Beekeeping: the secret talent of Hamilton faculty and staff


What do Dean Thompson and Campus Safety Officer Joseph Plado Constante have in common besides both working at Hamilton? Both keep bees. In fact, about half a dozen members of the Hamilton College community keep bees.
Dean Thompson began keeping bees with the assistance of her brother who is a beekeeper. Along with Elizabeth Tantillo, wife of Dick Tantillo, vice president of Communications and Development, Thompson raises bees near the community farm on campus. The bees pollinate the plants in the garden and receive their nutrients, but the garden also benefits from having bees in such close proximity. Thompson says it can be difficult sometimes, but “the bees do all the really hard work.” Thompson collects the honey from the bees every year and gives it to friends and family as well as keeps some for herself beeswax foundation roller.

Honey extraction is a relatively simple process. Thompson usually extracts honey during the day, when the majority of the bees are not in the hive and are less likely to be bothered. She then scrapes off the honey comb covering and uses a centrifuge-like device to spin the honey out of the comb. The honey is then filtered and collected.
However, Thompson noted that it is very important to leave some honey behind for the bees in the winter, a point  Officer Plado also mentioned. Contrary to what many people think, the bees do not sleep during the winter. Rather, all of the male drone bees are forced to leave the hive, and the remaining bees huddle together and quiver to produce heat in the hive.

Despite her best efforts and the mild winter, Thompson lost her hive this winter. Her brother was able to provide her with  a queen and a starter nest. Recently, with the help of Physical Plant, Thompson was able to get another nest from 100 College Road. This may seem like a dangerous task, but Thompson notes the only times she has been stung were times when she was being careless.

Thompson recalls raising her children and trying to get them into beekeeping: “I was trying to inject a little science into their lives early,” she said. She also recalls bringing some beekeeping gear to the Clinton Early Learning Center this past summer. Whenever the children reach the letter “B” learning the alphabet, she usually gets a call.
An important point that Thompson emphasizes is the complexity of the bee society. There are many different types of bees in one nest and every bee has a duty. In an average beehive, there can be anywhere between 60,000 and 80,000 bees. They are all governed by one queen. When a hive gets too large, however, part of the hive will leave and form a new hive.

Officer Plado also emphasized the complexity of a bee society. He notes that bees can anticipate the demise of a queen. “If the other bees sense the queen is ill or not producing, they will produce queen cells, usually five or six; the first one to hatch is the new queen, and she kills the other cells,” he said.
Officer Plado has been keeping bees for about 30 years. He has about 36 nests in several locations. Plado began beekeeping with the help of a family friend. Plado recalls  spending time at his friend’s house helping with various beekeeping tasks. His friend suggested that Plado should begin beekeeping.

“At first, I was skeptical. I mean, why would I want to do the work when I was already getting free honey?” Plado chuckled.
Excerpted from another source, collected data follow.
//! Checks whether a path still leads to the same folder, or to the same file.

use std::fs::Metadata;
use std::io::Error;
use std::os::unix::fs::MetadataExt;
use std::rt::Files;
use std::{fs, io};

/// The device and inode numbers of a folder or a file. While it is open or has a name, no other has
/// the same numbers.
#[derive(Clone, Copy, PartialEq, Eq)]
pub struct FolderIdentity {
    device: u64,
    inode: u64,
}

/// A folder with files: the number in the path by which it was opened, 0 for the folder of a writer
/// itself, and its identity.
#[derive(Clone, Copy, PartialEq, Eq)]
pub struct NumberedFolder {
    pub(crate) number: u32,
    pub(crate) identity: FolderIdentity,
}

impl FolderIdentity {
    pub(crate) fn of(folder: &Metadata) -> FolderIdentity {
        FolderIdentity {
            device: folder.dev(),
            inode: folder.ino(),
        }
    }

    /// Returns the identity of the folder at a path. Fails if its metadata cannot be read.
    pub(crate) fn at<R: Files>(rt: &R, path: &str) -> io::Result<FolderIdentity> {
        Ok(FolderIdentity::of(&fs::metadata(rt, path)?))
    }

    /// Returns the identity of what has a name, which for a symbolic link is the link itself. Fails
    /// if its metadata cannot be read.
    pub(crate) fn of_entry<R: Files>(rt: &R, path: &str) -> io::Result<FolderIdentity> {
        Ok(FolderIdentity::of(&fs::symlink_metadata(rt, path)?))
    }

    /// Returns the error for a path that leads to another folder.
    pub(crate) fn replaced() -> Error {
        Error::other("the folder was replaced by another one")
    }

    /// Fails if the path leads to another folder than this one, or if its metadata cannot be read.
    pub(crate) fn check_at<R: Files>(self, rt: &R, path: &str) -> io::Result<()> {
        if FolderIdentity::at(rt, path)? == self {
            return Ok(());
        }
        Err(FolderIdentity::replaced())
    }
}
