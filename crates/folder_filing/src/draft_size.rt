//! The size of a draft.
ghost use Rattle.std.specs.Prelude.{◌≡◌, ◌<◌, ◌+◌, ◌^◌, ℕ, None, Some};

/// The number of bytes that were appended to a draft: first its head, then its data set.
#[derive(Clone, Copy, Debug, PartialEq, Eq)]
pub(crate) struct DraftSize {
    /// The bytes of the first append, if there was one: the head of the file.
    head: Option<u64>,
    /// The bytes of all later appends: those of the data set.
    of_set: u64,
}

impl DraftSize {
    /// The size of an empty draft.
    pub(crate) const EMPTY: DraftSize = DraftSize {
        head: None,
        of_set: 0,
    };

    /// Returns the size after an append of this many bytes.
    pub(crate) fn with(self, count: usize) -> DraftSize
        ensures first { self.head ≡ None → result ≡ record { head = Some count; of_set = self.of_set } }
        ensures additional { (head : ℕ) → self.head ≡ Some head → self.of_set + count < 2 ^ 64 → result ≡ record { head = Some head; of_set = self.of_set + count } }
    {
        match self.head {
            None => DraftSize {
                head: Some(count as u64),
                of_set: self.of_set,
            },
            Some(_) => DraftSize {
                head: self.head,
                of_set: self.of_set.saturating_add(count as u64),
            },
        }
    }

    /// Returns the size of the data set, or `None` for a draft without its head.
    pub(crate) fn data(self) -> Option<u64>
        ensures none { self.head ≡ None → result ≡ None }
        ensures some { (head : ℕ) → self.head ≡ Some head → result ≡ Some self.of_set }
    {
        match self.head {
            None => None,
            Some(_) => Some(self.of_set),
        }
    }
}
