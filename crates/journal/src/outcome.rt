//! The outcomes of stores, by the statuses of their replies, and their numbers.
ghost use Rattle.std.specs.Prelude.{◌≡◌, ◌-◌, ◌+◌, ℕ};
ghost use Rattle.journal.specs.Outcomes as spelling;
ghost use Rattle.metrics.specs.Statuses.{status_of};

use metrics::CountedStatus;

/// The outcome of a store, which its reply reports.
#[derive(Clone, Copy, Debug, PartialEq, Eq)]
pub enum Outcome {
    /// Success: the instance is filed.
    Stored,
    /// Refused, with status 0122 or A700: the instance may be sent again, or elsewhere.
    Refused,
    /// Every other status: an error in the data set.
    Failed,
}

impl Outcome {
    /// Returns the outcome of a store from the status of its reply (PS3.7 annex C, PS3.4 annex
    /// B.2.3).
    pub fn of(status: u16) -> Outcome
        ensures { result ≡ spelling.outcome_of status }
    {
        Outcome::counted(CountedStatus::of(status))
    }

    /// Returns the outcome of a store from the counter of its status, so that the counts in the log
    /// equal the sums of the counters.
    pub fn counted(status: CountedStatus) -> Outcome
        ensures { (number : ℕ) → status_of number ≡ status → result ≡ spelling.outcome_of number }
    {
        match status {
            CountedStatus::Success => Outcome::Stored,
            CountedStatus::ClassNotSupported | CountedStatus::OutOfResources => Outcome::Refused,
            CountedStatus::DataSetMismatch
            | CountedStatus::CannotUnderstand
            | CountedStatus::Other => Outcome::Failed,
        }
    }
}

/// The numbers of stores of an association by outcome. They saturate.
#[derive(Clone, Copy, Debug, Default, PartialEq, Eq)]
pub struct Counts {
    /// Stores whose command was received.
    pub asked: u64,
    /// Stores whose reply reported success.
    pub stored: u64,
    pub refused: u64,
    pub failed: u64,
}

impl Counts {
    /// Counts a store whose command was received.
    pub fn ask(&mut self)
        ensures { self.new ≡ record self.old { asked = spelling.one_more self.old.asked } }
    {
        self.asked = self.asked.saturating_add(1);
    }

    /// Counts the reply to a store.
    pub fn answer(&mut self, outcome: Outcome)
        ensures { self.new ≡ spelling.counted outcome self.old }
    {
        match outcome {
            Outcome::Stored => self.stored = self.stored.saturating_add(1),
            Outcome::Refused => self.refused = self.refused.saturating_add(1),
            Outcome::Failed => self.failed = self.failed.saturating_add(1),
        }
    }

    /// Returns how many stores had no reply that reported success.
    pub fn dropped(self) -> u64
        ensures { result ≡ self.asked - self.stored }
    {
        self.asked.saturating_sub(self.stored)
    }

    /// Returns how many stores had no reply.
    pub fn unanswered(self) -> u64
        ensures { result ≡ self.asked - self.stored - self.refused - self.failed }
    {
        self.dropped()
            .saturating_sub(self.refused)
            .saturating_sub(self.failed)
    }
}
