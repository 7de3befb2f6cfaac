//! The form of log lines.
use std::alloc::Global;

/// The form of log lines.
#[derive(Clone, Copy)]
pub enum LineForm {
    /// As text, for people.
    Text,
    /// As JSON objects, for machines. Memory is allocated while a line is written.
    Json(Global),
}
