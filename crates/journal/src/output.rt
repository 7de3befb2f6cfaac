//! The output of the log lines.
use crate::form::LineForm;
use log::kv::Source;
use log::sink::Console;
use log::span::Spans;
use log::{Level, Log, Metadata, Record};
use std::fmt;
use std::fmt::Display;

/// Writes each line to standard error: text with its level and target before it, JSON unchanged.
#[derive(Clone, Copy)]
pub struct Output<R> {
    console: Console<R>,
    form: LineForm,
    has_priorities: bool,
}

/// Returns the syslog priority of a level (RFC 5424 section 6.2.1).
fn priority(level: Level) -> u8 {
    match level {
        Level::Error => 3,
        Level::Warn => 4,
        Level::Info => 6,
        Level::Debug | Level::Trace => 7,
    }
}

/// A line with its priority before it, as systemd reads it.
#[derive(Drop)]
struct Prioritized<'a, D> {
    level: Level,
    /// The target, if the line is text.
    target: Option<&'a str>,
    line: &'a D,
}

impl<D: Display> Display for Prioritized<'_, D> {
    fn fmt<W: fmt::Write>(&self, f: &mut fmt::Formatter<W>) -> fmt::Result {
        write!(f, "<{}>", priority(self.level))?;
        if let Some(target) = self.target {
            write!(f, "[{:<5} {target}] ", self.level.as_str())?;
        }
        self.line.fmt(f)
    }
}

impl<R: Eprint> Output<R> {
    /// Creates the output of a log in this form.
    pub fn new(rt: R, form: LineForm) -> Output<R> {
        Output {
            console: Console(rt),
            form,
            has_priorities: false,
        }
    }

    /// Returns an output that writes the priority of each line before it, such as `<4>`, for
    /// systemd's journal.
    pub fn with_priorities(self) -> Output<R> {
        Output {
            has_priorities: true,
            ..self
        }
    }
}

impl<R: Eprint> Log for Output<R> {
    fn enabled(&self, _metadata: &Metadata<'_>) -> bool {
        true
    }

    fn log<D: Display, K: Source, S: Spans>(&self, record: &Record<'_, D, K, S>) {
        let target = match self.form {
            LineForm::Text if !self.has_priorities => {
                self.console.log(record);
                return;
            }
            LineForm::Text => Some(record.target()),
            LineForm::Json(_) => None,
        };
        if self.has_priorities {
            let _ = self.console.0.eprintln(Prioritized {
                level: record.level(),
                target,
                line: record.args(),
            });
        } else {
            let _ = self.console.0.eprintln(record.args());
        }
    }

    fn flush(&self) {}

    fn target(&self) -> &str {
        ""
    }
}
Regardless, Plado began keeping bees and making honey. Unlike Thompson, Plado has never really been a fan of beekeeping gloves or any other protective gear, a choice that has led him to some fairly serious bee stings. He was recently stung above his right eye which caused his eye to swell shut. However, Plado says this hasn’t deterred him from beekeeping.

Plado keeps his hives in various locations, like near his garden or as far away as Marcy. He notes that bees may travel up to seven miles to get pollen. He also emphasized how important bees are for food production.
“I’d say about 90 to 95 percent of food has been pollinated by bees,” said Plado.

Plado often gets his hives by removing them from people’s houses. He recently removed one from 40 College Hill Road. He is slightly concerned about the hive for the winter as it seems rather small, and he is not sure if there will be enough honey for them for the winter. A typical hive produces 175 to 200 pounds of honey. Plado says he tries to leave about 120 to 150 pounds in the hive for the winter as the bees do not leave the hive once the outdoor temperature drops below 50 degrees. During this time, the bees huddle together for warmth, and the hive can reach upwards of 80 degrees.

Plado notes that he doesn’t use medicine or chemicals on the bees. “I wouldn’t want to eat that,” he said.
Bees are prone to numerous diseases including mites. However, a big problem with bees is Colony Collapse Disorder or CCD. In CCD, an entire colony of bees can become sick and die. Plado does his best to treat bees naturally and regularly checks on the bees to make sure none of them are sick.

He notes that honey from the store is all sugar and artificial organically produced honey is far superior. Plado extracts honey from the hives twice a year, once in the spring and once in the fall. He sells the honey each season and says he really enjoys the process, a sentiment that Dean Thompson also shares.

Both Thompson and Plado find beekeeping a stress relieving activity that can help them clear their minds and get away from the stress of life.

“It’s just so different from everything” said Thompson.